* Your goal: The result should be every line that contains the word "String", taken from the material.

* Records to process:
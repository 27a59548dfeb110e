ghost use Rattle.std.specs.Prelude.{◌≡◌, IfOk, option_map};
ghost use Rattle.serde_json.specs.Find.{as_array};
ghost use Rattle.serde_json.specs.View.{view, items_view};
ghost use Rattle.compile_db.specs.Database.{database, limited, entries_from};

use crate::entry::{Entry, entry_of};
use scan_model::{Items, NoMemory};
use serde_json::Value;
use std::alloc::Global;

// The most entries that a database may have.
const MAX_ENTRIES: usize = 131_072;

/// Why a database is refused. Where several reasons hold, the first of these is given.
#[derive(Clone, Copy, Debug, PartialEq, Eq)]
pub enum DbFault {
    /// `serde_json` reads no value: the bytes are no UTF-8 or no JSON, a number is beyond the floats, or arrays and
    /// objects nest more than 127 deep.
    NotJson,
    /// The JSON value is no array.
    NotArray,
    /// The entry of this number, counted from 1, is the first that isn't well-formed.
    BadEntry(u64),
    /// It has this many entries, which are more than 131,072.
    TooMany(u64),
}

/// The entries of a database, in order; `Err` is want of memory alone.
///
/// An entry is an object whose `directory` and `file` are texts. Its words are `arguments`, an array of texts, or, where
/// it has none, `command`, a text. `output` is a text where it is there. Other members are passed over, and of those with
/// one key the last counts.
pub fn read(alloc: Global, text: &[u8]) -> Result<Result<Items<Entry>, DbFault>, NoMemory>
    ensures { IfOk result (λ answer. answer ≡ database text.now) }
{
    let value = match Value::from_slice(alloc, text) {
        Ok(value) => value,
        Err(error) if error.is_memory() => return Err(NoMemory),
        Err(_) => return Ok(Err(DbFault::NotJson)),
    };
    match values_of(value) {
        Some(values) => limited_entries(alloc, values),
        None => Ok(Err(DbFault::NotArray)),
    }
}

// The values of an array.
fn values_of(value: Value) -> Option<Vec<Value>>
    ensures { option_map (λ values. items_view values.items) result ≡ as_array (view value) }
{
    match value {
        Value::Array(values) => Some(values),
        _ => None,
    }
}

// The entries, of which there may be too many.
fn limited_entries(
    alloc: Global,
    values: Vec<Value>,
) -> Result<Result<Items<Entry>, DbFault>, NoMemory>
    ensures { IfOk result (λ answer. answer ≡ limited (entries_from 1 (items_view values.items))) }
{
    let entries = match entries_of(alloc, values)? {
        Ok(entries) => entries,
        Err(fault) => return Ok(Err(fault)),
    };
    let count = entries.as_slice().len();
    if count > MAX_ENTRIES {
        return Ok(Err(DbFault::TooMany(count as u64)));
    }
    Ok(Ok(entries))
}

// Each value is let go once its entry has been made of it.
fn entries_of(alloc: Global, values: Vec<Value>) -> Result<Result<Items<Entry>, DbFault>, NoMemory>
    ensures { IfOk result (λ answer. answer ≡ entries_from 1 (items_view values.items)) }
{
    let mut entries = Vec::new(alloc);
    'values: for value in values {
        let Some(entry) = entry_of(alloc, value)? else {
            return Ok(Err(DbFault::BadEntry(entries.len() as u64 + 1)));
        };
        entries.push(entry)?;
    }
    Ok(Ok(Items::of_vec(entries)))
}
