ghost use Rattle.std.specs.Prelude.{◌≡◌, Option, Some, IfOk, option_map};
ghost use Rattle.serde_json.specs.View.{view};
ghost use Rattle.compile_db.specs.Database.{entry_of, entry_with, output_of, words_of};

use crate::members::{take_member, text_of, texts_of};
use scan_model::{Items, NoMemory, Text};
use serde_json::Value;
use std::alloc::Global;

/// What an entry's compiler is called with.
#[derive(Drop)]
pub enum EntryWords {
    /// The words one by one, the program's name first.
    Arguments(Items<Text>),
    /// The command line, which a shell would split into words.
    Command(Text),
}

/// One command of the build.
#[derive(Drop)]
pub struct Entry {
    /// The folder that the command runs in.
    pub directory: Text,
    /// The main source file.
    pub file: Text,
    pub words: EntryWords,
    /// The file that the command makes, where the entry names it.
    pub output: Option<Text>,
}

// The entry that a value is. Its texts are moved out of the value.
pub(crate) fn entry_of(alloc: Global, value: Value) -> Result<Option<Entry>, NoMemory>
    ensures { IfOk result (λ entry. entry ≡ entry_of (view value)) }
{
    let Value::Object(mut members) = value else {
        return Ok(None);
    };
    let directory = take_member(&mut members, "directory").and_then(text_of);
    let file = take_member(&mut members, "file").and_then(text_of);
    let arguments = take_member(&mut members, "arguments");
    let command = take_member(&mut members, "command");
    let output = take_member(&mut members, "output");
    let words = words_of(alloc, arguments, command)?;
    Ok(entry_with(directory, file, words, output_of(output)))
}

fn entry_with(
    directory: Option<Text>,
    file: Option<Text>,
    words: Option<EntryWords>,
    output: Option<Option<Text>>,
) -> Option<Entry>
    ensures { result ≡ entry_with directory file words output }
{
    Some(Entry {
        directory: directory?,
        file: file?,
        words: words?,
        output: output?,
    })
}

// Where there are arguments, the command isn't looked at.
fn words_of(
    alloc: Global,
    arguments: Option<Value>,
    command: Option<Value>,
) -> Result<Option<EntryWords>, NoMemory>
    ensures { IfOk result
        (λ words. words ≡ words_of (option_map view arguments) (option_map view command)) }
{
    match arguments {
        Some(Value::Array(values)) => Ok(texts_of(alloc, values)?.map(EntryWords::Arguments)),
        Some(_) => Ok(None),
        None => Ok(command.and_then(text_of).map(EntryWords::Command)),
    }
}

fn output_of(output: Option<Value>) -> Option<Option<Text>>
    ensures { result ≡ output_of (option_map view output) }
{
    match output {
        Some(value) => text_of(value).map(Some),
        None => Some(None),
    }
}
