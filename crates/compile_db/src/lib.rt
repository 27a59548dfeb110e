//! Reads a compilation database, a JSON array of the commands that a build runs
//! (<https://clang.llvm.org/docs/JSONCompilationDatabase.html>), into the entries that it lists.
#![tactic(auto)]

mod database;
mod entry;
mod members;

pub use database::{DbFault, read};
pub use entry::{Entry, EntryWords};

#[cfg(test)]
mod tests;
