use crate::{DbFault, EntryWords, read};
use std::alloc::{AllocError, Global};
use std::test::Fail;

// Each word after a comma, or the command line after a colon.
fn put_words(shown: &mut String, words: &EntryWords) -> Result<(), AllocError> {
    match words {
        EntryWords::Command(line) => {
            shown.push_str(":")?;
            shown.push_str(line.as_str())?;
        }
        EntryWords::Arguments(words) => {
            for word in words.as_slice() {
                shown.push_str(",")?;
                shown.push_str(word.as_str())?;
            }
        }
    }
    Ok(())
}

// What is read: the fault, or each entry as `directory file`, its words and `>output`, between brackets.
fn shown(alloc: Global, database: &[u8]) -> Result<String, Fail> {
    let entries = match read(alloc, database).ok().ok_or("memory")? {
        Ok(entries) => entries,
        Err(fault) => return Ok(format!(in alloc; "{fault:?}")?),
    };
    let mut shown = String::new(alloc);
    for entry in entries.as_slice() {
        shown.push_str("(")?;
        shown.push_str(entry.directory.as_str())?;
        shown.push_str(" ")?;
        shown.push_str(entry.file.as_str())?;
        put_words(&mut shown, &entry.words)?;
        if let Some(output) = &entry.output {
            shown.push_str(">")?;
            shown.push_str(output.as_str())?;
        }
        shown.push_str(")")?;
    }
    Ok(shown)
}

#[test]
fn databases_say_what_they_should(rt: HostRuntime) -> Result<(), Fail> {
    let rows = [
        ("".as_bytes(), "NotJson"),
        ("[]".as_bytes(), ""),
        ("{}".as_bytes(), "NotArray"),
        (
            "[{\"directory\":\"/b\",\"file\":\"a\",\"arguments\":[\"c++\",\"-c\"],\"command\":7,\"output\":\"a.o\"}]".as_bytes(),
            "(/b a,c++,-c>a.o)",
        ),
        (
            "[{\"directory\":\"\\u002fb\",\"file\":\"\\\"é\",\"command\":\"c++ -c\"},{\"directory\":\"\",\"file\":\"\",\"arguments\":[]}]".as_bytes(),
            "(/b \"é:c++ -c)( )",
        ),
        (
            "[{\"directory\":\"/b\",\"file\":\"a\",\"command\":\"c\",\"output\":null}]".as_bytes(),
            "BadEntry(1)",
        ),
        (
            "[{\"directory\":1,\"file\":\"a\",\"command\":\"c\",\"directory\":\"/b\",\"command\":\"d\"}]".as_bytes(),
            "(/b a:d)",
        ),
        (
            "[{\"directory\":\"/b\",\"file\":\"a\",\"command\":\"c\",\"id\":[123456789012345678901234567890]}]".as_bytes(),
            "(/b a:c)",
        ),
        (
            "[{\"directory\":\"\\ud800\",\"file\":\"a\",\"command\":\"c\"}]".as_bytes(),
            "NotJson",
        ),
        (
            "[{\"directory\":\"/b\",\"file\":\"a\",\"command\":\"c\"},]".as_bytes(),
            "NotJson",
        ),
        (
            b"[{\"directory\":\"/\xff\",\"file\":\"a\",\"command\":\"c\"}]".as_slice(),
            "NotJson",
        ),
        (
            "[{\"directory\":\"/b\",\"file\":\"a\",\"command\":\"c\"},{\"directory\":\"/b\",\"command\":\"c\"}]".as_bytes(),
            "BadEntry(2)",
        ),
        ("[{\"file\":\"a\"},7]".as_bytes(), "BadEntry(1)"),
        (
            "[{\"directory\":\"/b\",\"file\":\"a\",\"arguments\":[\"c\",1],\"command\":\"c\"}]".as_bytes(),
            "BadEntry(1)",
        ),
        (
            "[{\"directory\":\"/b\",\"file\":\"a\",\"arguments\":\"c\",\"command\":\"c\"}]".as_bytes(),
            "BadEntry(1)",
        ),
        (
            "[{\"directory\":\"/b\",\"file\":\"a\",\"command\":7}]".as_bytes(),
            "BadEntry(1)",
        ),
    ];
    for (database, answer) in rows {
        assert_eq!(rt; shown(rt.alloc(), database)?.as_str(), answer, "{answer}");
    }
    Ok(())
}

// 127 arrays may nest.
#[test]
fn deep_nesting_is_no_json(rt: HostRuntime) -> Result<(), Fail> {
    for (depth, answer) in [(127, "BadEntry(1)"), (128, "NotJson"), (200, "NotJson")] {
        let mut nested = vec![in rt.alloc(); b'['; depth]?;
        nested.resize(2 * depth, b']')?;
        assert_eq!(rt;
            shown(rt.alloc(), nested.as_slice())?.as_str(),
            answer,
            "{depth}"
        );
    }
    Ok(())
}
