ghost use Rattle.std.specs.Prelude.{◌≡◌, ◌≢◌, ℕ, List, IfOk, option_map};
ghost use Rattle.serde_json.specs.Find.{as_str, get_member};
ghost use Rattle.serde_json.specs.View.{view, items_view, members_view};
ghost use Rattle.compile_db.specs.Database.{texts_of};

use scan_model::{Items, NoMemory, Text};
use serde_json::{Map, Value};
use std::alloc::Global;

// The member of this key, taken out of its object; the other members stay.
pub(crate) fn take_member(members: &mut Map<String, Value>, key: &str) -> Option<Value>
    ensures value { option_map view result
        ≡ get_member key.now (members_view members.old.entries) }
    ensures others { (other : List ℕ) → other ≢ key.now
        → get_member other (members_view members.new.entries)
        ≡ get_member other (members_view members.old.entries) }
{
    members.remove(key)
}

// The text that a value is, moved out of it.
pub(crate) fn text_of(value: Value) -> Option<Text>
    ensures { result ≡ as_str (view value) }
{
    match value {
        Value::String(text) => Some(Text::of_string(text)),
        _ => None,
    }
}

// The texts that all of the values are; None where one isn't a text.
pub(crate) fn texts_of(alloc: Global, values: Vec<Value>) -> Result<Option<Items<Text>>, NoMemory>
    ensures { IfOk result (λ texts. texts ≡ texts_of (items_view values.items)) }
{
    let mut texts = Vec::new(alloc);
    'values: for value in values {
        let Some(text) = text_of(value) else {
            return Ok(None);
        };
        texts.push(text)?;
    }
    Ok(Some(Items::of_vec(texts)))
}
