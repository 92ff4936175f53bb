// What programs mean: rules, quotients, answer sets, the translation, and the one-to-one match of answer sets.
// Definitions (specs/) and laws (proofs/) alone: this layer sees no byte, and no code is proved here.

#![tactic(auto)]
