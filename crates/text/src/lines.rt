// Which line of the program is the last, and which names no room; inner to the program.
ghost use Rattle.std.specs.Prelude.{◌≡◌};
ghost use Rattle.records.specs.Refusals.{number, refusal_of};
ghost use Rattle.text.specs.Lines.{ends_reading, goes_on, roomless};

use records::Refusal;

// With 4 or 5 the reading of the input ends.
fn ends_reading(refusal: Refusal) -> bool
    ensures { result ≡ ends_reading (number refusal) }
{
    matches!(refusal, Refusal::Mark | Refusal::Length)
}

// The program then stops.
#[tactic(auto, unfolding(crate::specs::Lines::goes_on))]
pub fn goes_on(answer: Result<usize, Refusal>) -> bool
    ensures { result ≡ goes_on (refusal_of answer) }
{
    match answer {
        Ok(_) => true,
        Err(refusal) => !ends_reading(refusal),
    }
}

// With 4, 5 or 20 the record is of no room.
#[tactic(auto, unfolding(crate::specs::Lines::roomless))]
pub fn roomless(answer: Result<usize, Refusal>) -> bool
    ensures { result ≡ roomless (refusal_of answer) }
{
    matches!(answer, Err(Refusal::Mark | Refusal::Length | Refusal::Room))
}
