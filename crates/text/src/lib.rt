// Lines as text, inner to the program: put into a buffer from a place on.
#![tactic(auto)]

ghost use Rattle.std.specs.Prelude.{[], ◌∷◌, ◌+◌, ◌<◌, ◌≤◌, length};
ghost use Rattle.text.specs.Digits.{decimal};
ghost use Rattle.text.specs.Lengths.{next_length, numbers_length, trace_length, line_length};
ghost use Rattle.text.specs.Added.{Added};
ghost use Rattle.text.specs.Text.{trace_of, numbers_of, line_of};

// Numbers and bytes in digits.
mod digits;

// Which line is the last.
pub mod lines;

// The most that a line takes beside the bytes that it shows: four numbers, a space behind each, its end.
pub const LINE: usize = 4 * digits::MOST + 5;

// A buffer lent, and the place where the next text goes.
#[derive(Drop)]
pub struct Text<'a> {
    pub bytes: &'a mut [u8],
    pub at: usize,
}

impl Text<'_> {
    fn byte(&mut self, b: u8)
        requires { self.old.at < length self.old.bytes.now }
        ensures { Added 1 (b ∷ []) self.old self.new }
    {
        self.bytes[self.at] = b;
        self.at += 1;
    }

    // A space and a number.
    fn next(&mut self, n: u64)
        requires { self.old.at + next_length ≤ length self.old.bytes.now }
        ensures { Added next_length (32 ∷ decimal n) self.old self.new }
    {
        self.byte(b' ');
        self.number(n);
    }

    fn numbers(&mut self, number: u64, refusal: u8, written: usize, view: u32)
        requires { self.old.at + numbers_length ≤ length self.old.bytes.now }
        ensures { Added numbers_length (numbers_of number refusal written view) self.old self.new }
    {
        self.number(number);
        self.next(refusal as u64);
        self.next(written as u64);
        self.next(view as u64);
    }

    // A space and the bytes in hexadecimal; nothing where there are none.
    fn trace(&mut self, bytes: &[u8])
        requires { self.old.at + trace_length (length bytes.now) ≤ length self.old.bytes.now }
        ensures { Added (trace_length (length bytes.now)) (trace_of bytes.now) self.old self.new }
    {
        if bytes.is_empty() {
            return;
        }
        self.byte(b' ');
        self.hex(bytes);
    }

    // A whole line: its four numbers, the bytes shown behind them, its end.
    pub fn line(&mut self, number: u64, refusal: u8, written: usize, view: u32, shown: &[u8])
        requires { self.old.at + line_length (length shown.now) ≤ length self.old.bytes.now }
        ensures { Added (line_length (length shown.now)) (line_of number refusal written view shown.now)
            self.old self.new }
    {
        self.numbers(number, refusal, written, view);
        self.trace(shown);
        self.byte(b'\n');
    }
}
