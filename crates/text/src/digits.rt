// Numbers in decimal and bytes in hexadecimal digits, put into a buffer from a place on; inner to the program.
ghost use Rattle.std.specs.Prelude.{◌≡◌, [], ◌∷◌, ◌+◌, ◌*◌, ◌/◌, ◌%◌, ◌<◌, ◌≤◌, length};
ghost use Rattle.std.proofs.lemmas.List.Edits.{sets};
ghost use Rattle.text.specs.Digits.{glyph, decimal, last_digits, hex_of};
ghost use Rattle.text.specs.Lengths.{number_length};
ghost use Rattle.text.specs.Added.{Added};
ghost use Rattle.text.specs.Put.{DigitCount};

use crate::Text;

// The most decimal digits that a number has.
pub const MOST: usize = 20;

// How many decimal digits n has.
fn digit_count(n: u64) -> usize
    ensures { DigitCount n result }
{
    match n.checked_ilog10() {
        Some(more) => more as usize + 1,
        None => 1,
    }
}

// The last k digits of n from a place on, from the last one back: a slice by places says it plainest.
fn spell(out: &mut [u8], at: usize, k: usize, n: u64)
    requires { at + k ≤ length out.old }
    ensures { out.new ≡ sets out.old at (last_digits k n) }
{
    let mut rest = n;
    for i in (0..k).rev() {
        out[at + i] = 48 + (rest % 10) as u8;
        rest /= 10;
    }
}

fn digit(d: u8) -> u8
    requires { d < 16 }
    ensures { result ≡ glyph d }
{
    if d < 10 { 48 + d } else { 87 + d }
}

// The two digits of a byte.
fn digits_of(byte: u8) -> [u8; 2]
    ensures { result ≡ glyph (byte / 16) ∷ glyph (byte % 16) ∷ [] }
{
    [digit(byte / 16), digit(byte % 16)]
}

// The two digits of each byte from a place on: a call of its own over two slices, which the compiler knows to be apart,
// so that many are put at a time.
#[inline(never)]
fn spell_hex(out: &mut [u8], at: usize, bytes: &[u8])
    requires { at + 2 * length bytes.now ≤ length out.old }
    ensures { out.new ≡ sets out.old at (hex_of bytes.now) }
{
    for (i, byte) in bytes.iter().enumerate() {
        let [high, low] = digits_of(*byte);
        out[at + 2 * i] = high;
        out[at + 2 * i + 1] = low;
    }
}

impl Text<'_> {
    pub(crate) fn number(&mut self, n: u64)
        requires { self.old.at + number_length ≤ length self.old.bytes.now }
        ensures { Added number_length (decimal n) self.old self.new }
    {
        if n < 10 {
            self.byte(48 + (n as u8));
            return;
        }
        let k = digit_count(n);
        spell(self.bytes, self.at, k, n);
        self.at += k;
    }

    pub(crate) fn hex(&mut self, bytes: &[u8])
        requires { self.old.at + 2 * length bytes.now ≤ length self.old.bytes.now }
        ensures { Added (2 * length bytes.now) (hex_of bytes.now) self.old self.new }
    {
        spell_hex(self.bytes, self.at, bytes);
        self.at += 2 * bytes.len();
    }
}
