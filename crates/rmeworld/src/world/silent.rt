//! Silent steps of a world: no deed, and not the call's last step. They return no report.

ghost use Rattle.std.specs.Prelude.{◌≡◌, false, None, IsTrue};

use crate::memory::{puts_silently, store};
use crate::world::World;

impl World {
    ghost use Rattle.rmeworld.specs.Replayed.{advance_refusal, world_step_report, world_after_step};

    /// Takes the next step of process `p` if it can see cheaply that the step is silent. True: the step was taken. False:
    /// nothing changed.
    // Apart: keeps the scan's loop small.
    #[inline(never)]
    pub(crate) fn step_unobserved(&mut self, p: u64) -> bool
        ensures accepted { IsTrue result → advance_refusal self.old p ≡ None }
        ensures silent { IsTrue result
            → ((world_step_report self.old p).deed ≡ None) × ((world_step_report self.old p).answer ≡ None) }
        ensures ok { IsTrue result → self.new ≡ world_after_step self.old p }
        ensures same { result ≡ false → self.new ≡ self.old }
    {
        if p >= self.layout.procs || !self.processes[p as usize].is_promising() {
            return false;
        }
        let Ok(step) = self.prospect(p) else {
            return false;
        };
        if !puts_silently(step.access) {
            return false;
        }
        let Some(blocked) = self.processes[p as usize].feed_silently(step.found) else {
            return false;
        };
        store(&mut self.words, &mut self.cells, step.access);
        self.tallies[p as usize].count(blocked);
        true
    }
}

* Answer below:
fn put_words(shown: &mut String, words: &EntryWords) -> Result<(), AllocError> {
fn shown(alloc: Global, database: &[u8]) -> Result<String, Fail> {
    let mut shown = String::new(alloc);
pub(crate) fn take_member(members: &mut Map<String, Value>, key: &str) -> Option<Value>
        Value::String(text) => Some(Text::of_string(text)),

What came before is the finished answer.